How Do I Use Subete?
To be able to use Subete, you need to make sense of it’s structure.
Subete Structure
First thing to note is that Subete is object-oriented. Specifically, it’s designed to mirror the Sample Programs repository. Therefore, the primary Subete object is the Repo
object.
Inside the Repo
object, you’ll find a list of LanguageCollection
objects. A LanguageCollection
is how its name sounds: a collection of programs for a specific language. There should be a few hundred of these as the Sample Programs repo supports a couple hundred languages.
Finally, inside each LanguageCollection
is a list of SampleProgram
objects. These objects represent each individual program in the repository. In total, there are around 600 of these at the time of writing.
Generating a Repo Object
Out of the box, Subete has a single function, load()
, which creates a Repo
object.

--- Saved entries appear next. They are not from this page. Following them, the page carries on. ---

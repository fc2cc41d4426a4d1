// What the interface refuses of a call's own arguments, before any refusal of the table: 100 for a flag that is neither 0
// nor 1, 101 for a kind that is none of 0, 1, 2. Rust's types rule these out, C's do not.
ghost use Rattle.std.specs.Prelude.{◌≡◌};
ghost use Rattle.c_types.specs.Refusals.{settings_flags, settings_refusal, legend_refusal, use_refusal};

use crate::settings::LegendSettings;
use refusal::Refusal;

fn are_flags(settings: LegendSettings) -> bool
    ensures { result ≡ settings_flags settings }
{
    (settings.has_low < 2) & (settings.has_high < 2) & (settings.zero_is_nodata < 2)
}

// A builder's settings.
#[tactic(auto, unfolding(crate::specs::Refusals::settings_refusal))]
pub fn settings_refusal(settings: LegendSettings) -> Result<(), Refusal>
    ensures { result ≡ settings_refusal settings }
{
    if are_flags(settings) {
        return Ok(());
    }
    Err(Refusal::BadFlag)
}

// A legend: its flags, then its kind.
#[tactic(auto, unfolding(crate::specs::Refusals::legend_refusal))]
pub fn legend_refusal(settings: LegendSettings, kind: u32) -> Result<(), Refusal>
    ensures { result ≡ legend_refusal settings kind }
{
    settings_refusal(settings)?;
    if 2 < kind {
        return Err(Refusal::BadKind);
    }
    Ok(())
}

// A legend and the flag of a nodata value.
#[tactic(auto, unfolding(crate::specs::Refusals::use_refusal))]
pub fn use_refusal(settings: LegendSettings, kind: u32, given: u32) -> Result<(), Refusal>
    ensures { result ≡ use_refusal settings kind given }
{
    legend_refusal(settings, kind)?;
    if 1 < given {
        return Err(Refusal::BadFlag);
    }
    Ok(())
}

You can use it as follows:
import subete repo: subete.Repo = subete.load()
And to prove it works, here’s what you might see in IDLE:
import subete subete.load() <subete.repo.Repo object at 0x0000020C75829E10>
As currently constructed, this function will generate all of the language collections and sample programs from the latest version of the Sample Programs repository. This takes quite a bit of time as the repo takes time to download. If you have a copy of the repo already downloaded, you can speed up the process as follows:
import subete repo: subete.Repo = subete.load(source_dir="path/to/sample-programs/archive")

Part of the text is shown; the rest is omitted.